Required action: Lines holding the string "pencil": copy each one from the listing below.

Task inputs:
*** Begin section ***
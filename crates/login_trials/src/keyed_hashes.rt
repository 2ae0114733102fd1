//! Vectors from outside: the RFCs' own, and, where a comment says so, values of python3's `hmac` and
//! `hashlib.pbkdf2_hmac`.

use hmac_kdf::*;

// A key, a text and the digest in hexadecimal.
type MacCase = (&'static [u8], &'static [u8], &'static [u8]);

// A password, a salt, the number of rounds and the digest in hexadecimal.
type HiCase = (&'static [u8], &'static [u8], u32, &'static [u8]);

// The key of the fourth cases of RFC 2202 and RFC 4231.
const COUNTING: [u8; 25] = [
    1, 2, 3, 4, 5, 6, 7, 8, 9, 10, 11, 12, 13, 14, 15, 16, 17, 18, 19, 20, 21, 22, 23, 24, 25,
];

const LONG_KEY_TEXT: &[u8] = b"Test Using Larger Than Block-Size Key - Hash Key First";

const LONG_TEXT: &[u8] =
    b"Test Using Larger Than Block-Size Key and Larger Than One Block-Size Data";

const LONGER_TEXT: &[u8] =
    b"This is a test using a larger than block-size key and a larger than block-size data. The key needs to be hashed before being used by the HMAC algorithm.";

const LONG_PASSWORD: &[u8] = b"passwordPASSWORDpassword";

const LONG_SALT: &[u8] = b"saltSALTsaltSALTsaltSALTsaltSALTsalt";

const AUTH_MESSAGE_5802: &[u8] =
    b"n=user,r=fyko+d2lbbFgONRv9qkxdawL,r=fyko+d2lbbFgONRv9qkxdawL3rfcNHYJY1ZVvWVs7j,s=QSXCR+Q6sek8bf92,i=4096,c=biws,r=fyko+d2lbbFgONRv9qkxdawL3rfcNHYJY1ZVvWVs7j";

const AUTH_MESSAGE_7677: &[u8] =
    b"n=user,r=rOprNGfwEbeRWgbNEkqO,r=rOprNGfwEbeRWgbNEkqO%hvYDpWUa2RaTCAfuxFIlj)hNlF$k0,s=W22ZaJ0SNY7soEsUEjb6gQ==,i=4096,c=biws,r=rOprNGfwEbeRWgbNEkqO%hvYDpWUa2RaTCAfuxFIlj)hNlF$k0";

// The value of a lower-case hexadecimal digit.
fn digit_value(digit: u8) -> u8 {
    if digit < b'a' {
        digit.wrapping_sub(b'0')
    } else {
        digit.wrapping_sub(b'a' - 10)
    }
}

// Whether the text spells the digest in lower-case hexadecimal.
fn spells(text: &[u8], digest: &[u8]) -> bool {
    if text.len() / 2 != digest.len() {
        return false;
    }
    for (i, byte) in digest.iter().enumerate() {
        if digit_value(text[2 * i]) != byte / 16 || digit_value(text[2 * i + 1]) != byte % 16 {
            return false;
        }
    }
    true
}

// The seven cases of RFC 2202, 3.
#[test]
fn hmac_sha1_of_rfc_2202(rt: HostRuntime) {
    let cases: [MacCase; 7] = [
        (
            &[0x0b; 20],
            b"Hi There",
            b"b617318655057264e28bc0b6fb378c8ef146be00",
        ),
        (
            b"Jefe",
            b"what do ya want for nothing?",
            b"effcdf6ae5eb2fa2d27416d5f184df9c259a7c79",
        ),
        (
            &[0xaa; 20],
            &[0xdd; 50],
            b"125d7342b9ac11cd91a39af48aa17b4f63f175d3",
        ),
        (
            &COUNTING,
            &[0xcd; 50],
            b"4c9007f4026250c6bc8414f9bf50c86c2d7235da",
        ),
        (
            &[0x0c; 20],
            b"Test With Truncation",
            b"4c1a03424b55e07fe7f27be1d58bb9324a9a5a04",
        ),
        (
            &[0xaa; 80],
            LONG_KEY_TEXT,
            b"aa4ae5e15272d00e95705637ce8a3b55ed402112",
        ),
        (
            &[0xaa; 80],
            LONG_TEXT,
            b"e8e99d0f45237d786d6bbaa7965c7808bbff1a91",
        ),
    ];
    for (i, (key, text, want)) in cases.iter().enumerate() {
        assert!(rt; spells(want, &hmac_sha1(key, text)), "case {}", i + 1);
    }
}

// RFC 4231, 4; of the fifth digest it gives the first 128 bits, and python3 the others.
#[test]
fn hmac_sha256_of_rfc_4231(rt: HostRuntime) {
    let cases: [MacCase; 7] = [
        (
            &[0x0b; 20],
            b"Hi There",
            b"b0344c61d8db38535ca8afceaf0bf12b881dc200c9833da726e9376c2e32cff7",
        ),
        (
            b"Jefe",
            b"what do ya want for nothing?",
            b"5bdcc146bf60754e6a042426089575c75a003f089d2739839dec58b964ec3843",
        ),
        (
            &[0xaa; 20],
            &[0xdd; 50],
            b"773ea91e36800e46854db8ebd09181a72959098b3ef8c122d9635514ced565fe",
        ),
        (
            &COUNTING,
            &[0xcd; 50],
            b"82558a389a443c0ea4cc819899f2083a85f0faa3e578f8077a2e3ff46729665b",
        ),
        (
            &[0x0c; 20],
            b"Test With Truncation",
            b"a3b6167473100ee06e0c796c2955552bfa6f7c0a6a8aef8b93f860aab0cd20c5",
        ),
        (
            &[0xaa; 131],
            LONG_KEY_TEXT,
            b"60e431591ee0b67f0d8a26aacbf5b77f8e0bc6213728c5140546040f0ee37f54",
        ),
        (
            &[0xaa; 131],
            LONGER_TEXT,
            b"9b09ffa71b942fcb27635fbcd5b0e944bfdc63644f0713938a7f51535c3a35e2",
        ),
    ];
    for (i, (key, text, want)) in cases.iter().enumerate() {
        assert!(rt; spells(want, &hmac_sha256(key, text)), "case {}", i + 1);
    }
}

// Keys of no byte and about the length of a block. The digests are python3's.
#[test]
fn hmac_sha1_at_a_block(rt: HostRuntime) {
    let cases: [MacCase; 4] = [
        (b"", b"", b"fbdb1d1b18aa6c08324b7d64b71fb76370690e1d"),
        (
            &[0xaa; 63],
            b"edge",
            b"b0ee43ee362883cbf5a27b1d47f768c6bf44ca12",
        ),
        (
            &[0xaa; 64],
            b"edge",
            b"61386fedda28729893593e5dbb9f5ff21f2c5e28",
        ),
        (
            &[0xaa; 65],
            b"edge",
            b"532ba05d22111b755166d766a718fe34266179b3",
        ),
    ];
    for (key, text, want) in cases {
        assert!(rt;
            spells(want, &hmac_sha1(key, text)),
            "a key of {}",
            key.len()
        );
    }
}

// The same over SHA-256.
#[test]
fn hmac_sha256_at_a_block(rt: HostRuntime) {
    let cases: [MacCase; 4] = [
        (
            b"",
            b"",
            b"b613679a0814d9ec772f95d778c35fc5ff1697c493715653c6c712144292c5ad",
        ),
        (
            &[0xaa; 63],
            b"edge",
            b"7e80816c018c8fceb1439d523e4ffe167b087fd3aea2f1d64f5114d0f4f9cc27",
        ),
        (
            &[0xaa; 64],
            b"edge",
            b"6a599c2e1bd634e06e5e757c87aefabb46596905a0e71e41cd131e931dc8dd3d",
        ),
        (
            &[0xaa; 65],
            b"edge",
            b"35b8c3e65dabe81902fa78f61def8031fb2bb3b9af41bfc2ff0c84063069e566",
        ),
    ];
    for (key, text, want) in cases {
        assert!(rt;
            spells(want, &hmac_sha256(key, text)),
            "a key of {}",
            key.len()
        );
    }
}

// The first three of RFC 6070, 2, and the first 20 bytes of its fifth: its others have 16,777,216
// rounds or less than one block of output. The last is python3's, with a password beyond one block.
#[test]
fn hi_sha1_of_rfc_6070(rt: HostRuntime) {
    let cases: [HiCase; 5] = [
        (
            b"password",
            b"salt",
            1,
            b"0c60c80f961f0e71f3a9b524af6012062fe037a6",
        ),
        (
            b"password",
            b"salt",
            2,
            b"ea6c014dc72d6f8ccd1ed92ace1d41f0d8de8957",
        ),
        (
            b"password",
            b"salt",
            4096,
            b"4b007901b765489abead49d926f721d065a429c1",
        ),
        (
            LONG_PASSWORD,
            LONG_SALT,
            4096,
            b"3d2eec4fe41c849b80c8d83662c0e44a8b291a96",
        ),
        (
            &[0xaa; 65],
            b"salt",
            3,
            b"c198b33849ddf78219d2a85421a0f6443da6938f",
        ),
    ];
    for (password, salt, rounds, want) in cases {
        assert!(rt;
            spells(want, &hi_sha1(password, salt, rounds)),
            "{rounds} rounds"
        );
    }
}

// The first 32 bytes of the two of RFC 7914, 11, and python3's for the cases of RFC 6070.
const OF_RFC_7914: [HiCase; 7] = [
    (
        b"passwd",
        b"salt",
        1,
        b"55ac046e56e3089fec1691c22544b605f94185216dde0465e68b9d57c20dacbc",
    ),
    (
        b"Password",
        b"NaCl",
        80000,
        b"4ddcd8f60b98be21830cee5ef22701f9641a4418d04c0414aeff08876b34ab56",
    ),
    (
        b"password",
        b"salt",
        1,
        b"120fb6cffcf8b32c43e7225256c4f837a86548c92ccc35480805987cb70be17b",
    ),
    (
        b"password",
        b"salt",
        2,
        b"ae4d0c95af6b46d32d0adff928f06dd02a303f8ef3c251dfd6e2d85a95474c43",
    ),
    (
        b"password",
        b"salt",
        4096,
        b"c5e478d59288c841aa530db6845c4c8d962893a001ce4e11a4963873aa98134a",
    ),
    (
        LONG_PASSWORD,
        LONG_SALT,
        4096,
        b"348c89dbcbd32b2f32d814b8116e84cf2b17347ebc1800181c4e2a1fb8dd53e1",
    ),
    (
        &[0xaa; 65],
        b"salt",
        3,
        b"1313359d5b82b96658b09646d0f293a3d8017e6cb124eb3b489766526adb30d0",
    ),
];

#[test]
fn hi_sha256_of_rfc_7914(rt: HostRuntime) {
    for (password, salt, rounds, want) in OF_RFC_7914 {
        assert!(rt;
            spells(want, &hi_sha256(password, salt, rounds)),
            "{rounds} rounds"
        );
    }
}

// The exchange of RFC 5802, 5. It gives the server's signature, here in hexadecimal, which follows
// from the salted password by two HMACs; the salted password itself is python3's.
#[test]
fn salted_password_of_rfc_5802(rt: HostRuntime) {
    let salt = [
        0x41, 0x25, 0xc2, 0x47, 0xe4, 0x3a, 0xb1, 0xe9, 0x3c, 0x6d, 0xff, 0x76,
    ];
    let salted = hi_sha1(b"pencil", &salt, 4096);
    assert!(rt; spells(b"1d96ee3a529b5a5f9e47c01f229a2cb8a6e15f7d", &salted));
    let signature = hmac_sha1(&hmac_sha1(&salted, b"Server Key"), AUTH_MESSAGE_5802);
    assert!(rt; spells(b"ae617da6a57c4bbb2e0286568dae1d251905b0a4", &signature));
}

// The exchange of RFC 7677, 3, likewise.
#[test]
fn salted_password_of_rfc_7677(rt: HostRuntime) {
    let salt = [
        0x5b, 0x6d, 0x99, 0x68, 0x9d, 0x12, 0x35, 0x8e, 0xec, 0xa0, 0x4b, 0x14, 0x12, 0x36, 0xfa,
        0x81,
    ];
    let salted = hi_sha256(b"pencil", &salt, 4096);
    let wanted = b"c4a49510323ab4f952cac1fa99441939e78ea74d6be81ddf7096e87513dc615d";
    assert!(rt; spells(wanted, &salted));
    let signature = hmac_sha256(&hmac_sha256(&salted, b"Server Key"), AUTH_MESSAGE_7677);
    let wanted = b"eabae24d1062db75a9451ff0b6ea7e98c8546549ff741e672d3251b2397de46e";
    assert!(rt; spells(wanted, &signature));
}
*** End section ***
Finished exercise:
    let salted = hi_sha1(b"pencil", &salt, 4096);
    let salted = hi_sha256(b"pencil", &salt, 4096);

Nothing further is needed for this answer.